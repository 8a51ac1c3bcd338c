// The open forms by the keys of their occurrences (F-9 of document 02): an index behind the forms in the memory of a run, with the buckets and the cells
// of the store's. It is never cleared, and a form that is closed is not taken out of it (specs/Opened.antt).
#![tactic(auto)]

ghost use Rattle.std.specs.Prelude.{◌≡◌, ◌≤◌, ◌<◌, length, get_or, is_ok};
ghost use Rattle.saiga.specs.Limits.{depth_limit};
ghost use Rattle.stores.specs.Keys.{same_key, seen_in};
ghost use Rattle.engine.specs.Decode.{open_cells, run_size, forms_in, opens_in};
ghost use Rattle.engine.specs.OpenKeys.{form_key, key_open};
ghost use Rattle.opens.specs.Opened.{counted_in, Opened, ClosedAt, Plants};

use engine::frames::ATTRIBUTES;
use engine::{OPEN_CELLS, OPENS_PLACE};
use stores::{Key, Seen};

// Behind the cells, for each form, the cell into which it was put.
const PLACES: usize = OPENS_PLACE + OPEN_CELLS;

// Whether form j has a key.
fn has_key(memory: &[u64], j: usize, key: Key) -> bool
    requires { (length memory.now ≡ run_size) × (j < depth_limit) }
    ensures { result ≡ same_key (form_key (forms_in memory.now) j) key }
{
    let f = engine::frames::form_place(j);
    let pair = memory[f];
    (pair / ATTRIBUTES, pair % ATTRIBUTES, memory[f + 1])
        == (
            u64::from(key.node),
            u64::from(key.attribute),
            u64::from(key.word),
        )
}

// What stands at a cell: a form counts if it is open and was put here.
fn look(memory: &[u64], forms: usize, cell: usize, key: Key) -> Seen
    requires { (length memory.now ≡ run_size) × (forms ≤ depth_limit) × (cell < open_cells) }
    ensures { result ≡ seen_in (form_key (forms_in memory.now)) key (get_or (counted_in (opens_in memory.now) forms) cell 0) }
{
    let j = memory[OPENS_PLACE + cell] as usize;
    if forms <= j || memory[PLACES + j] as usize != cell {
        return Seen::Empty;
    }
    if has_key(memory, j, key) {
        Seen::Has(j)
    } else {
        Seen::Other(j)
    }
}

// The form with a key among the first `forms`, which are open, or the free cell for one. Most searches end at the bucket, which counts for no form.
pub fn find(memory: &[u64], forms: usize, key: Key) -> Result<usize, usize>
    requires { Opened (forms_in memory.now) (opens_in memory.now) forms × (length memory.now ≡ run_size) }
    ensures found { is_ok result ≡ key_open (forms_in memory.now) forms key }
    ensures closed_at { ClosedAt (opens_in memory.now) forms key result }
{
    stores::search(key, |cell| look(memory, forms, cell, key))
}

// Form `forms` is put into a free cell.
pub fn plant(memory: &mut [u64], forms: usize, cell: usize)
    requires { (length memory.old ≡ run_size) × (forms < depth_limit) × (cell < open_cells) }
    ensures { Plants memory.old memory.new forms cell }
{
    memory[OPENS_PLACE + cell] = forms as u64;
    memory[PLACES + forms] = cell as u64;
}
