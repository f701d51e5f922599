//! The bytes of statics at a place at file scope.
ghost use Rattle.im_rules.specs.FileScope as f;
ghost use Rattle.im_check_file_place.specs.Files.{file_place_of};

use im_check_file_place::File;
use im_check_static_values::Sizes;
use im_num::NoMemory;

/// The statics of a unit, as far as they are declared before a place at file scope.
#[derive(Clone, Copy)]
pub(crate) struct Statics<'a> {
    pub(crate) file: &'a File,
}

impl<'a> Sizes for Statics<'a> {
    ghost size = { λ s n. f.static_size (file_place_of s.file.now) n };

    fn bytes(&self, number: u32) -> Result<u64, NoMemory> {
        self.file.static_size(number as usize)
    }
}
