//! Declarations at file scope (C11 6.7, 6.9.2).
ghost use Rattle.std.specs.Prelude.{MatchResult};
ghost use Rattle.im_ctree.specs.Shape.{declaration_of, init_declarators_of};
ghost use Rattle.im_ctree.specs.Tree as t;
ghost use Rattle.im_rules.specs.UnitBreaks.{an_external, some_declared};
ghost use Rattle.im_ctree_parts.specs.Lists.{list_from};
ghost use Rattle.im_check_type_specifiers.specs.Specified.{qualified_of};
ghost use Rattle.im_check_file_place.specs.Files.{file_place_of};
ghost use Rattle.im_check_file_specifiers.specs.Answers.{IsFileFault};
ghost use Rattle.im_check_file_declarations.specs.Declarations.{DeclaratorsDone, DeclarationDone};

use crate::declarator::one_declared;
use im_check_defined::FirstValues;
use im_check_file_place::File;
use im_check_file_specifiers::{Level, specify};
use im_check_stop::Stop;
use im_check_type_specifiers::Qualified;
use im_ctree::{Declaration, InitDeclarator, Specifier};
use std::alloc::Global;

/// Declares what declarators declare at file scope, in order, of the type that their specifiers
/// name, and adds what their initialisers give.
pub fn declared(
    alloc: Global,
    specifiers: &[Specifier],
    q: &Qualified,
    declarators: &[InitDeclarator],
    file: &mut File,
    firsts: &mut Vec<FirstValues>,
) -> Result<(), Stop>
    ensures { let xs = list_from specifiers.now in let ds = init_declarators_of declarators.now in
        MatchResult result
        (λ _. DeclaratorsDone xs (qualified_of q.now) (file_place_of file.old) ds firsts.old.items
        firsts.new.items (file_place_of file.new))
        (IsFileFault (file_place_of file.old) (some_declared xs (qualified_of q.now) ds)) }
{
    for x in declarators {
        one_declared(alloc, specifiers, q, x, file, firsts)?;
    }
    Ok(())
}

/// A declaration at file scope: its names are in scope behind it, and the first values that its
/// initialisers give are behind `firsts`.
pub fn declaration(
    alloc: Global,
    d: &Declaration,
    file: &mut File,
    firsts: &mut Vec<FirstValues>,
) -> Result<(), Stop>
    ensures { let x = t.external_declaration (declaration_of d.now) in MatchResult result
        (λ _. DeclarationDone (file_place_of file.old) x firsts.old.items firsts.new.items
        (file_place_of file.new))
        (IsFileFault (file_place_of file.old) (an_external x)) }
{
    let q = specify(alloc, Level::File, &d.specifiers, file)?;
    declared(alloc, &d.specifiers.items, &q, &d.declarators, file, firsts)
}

— Exercise requirements —
Scan the records above for the string "that", then copy each line where it turns up.

— Exercise output —
// of the store's. It is never cleared, and a form that is closed is not taken out of it (specs/Opened.antt).
/// Declares what declarators declare at file scope, in order, of the type that their specifiers
/// A declaration at file scope: its names are in scope behind it, and the first values that its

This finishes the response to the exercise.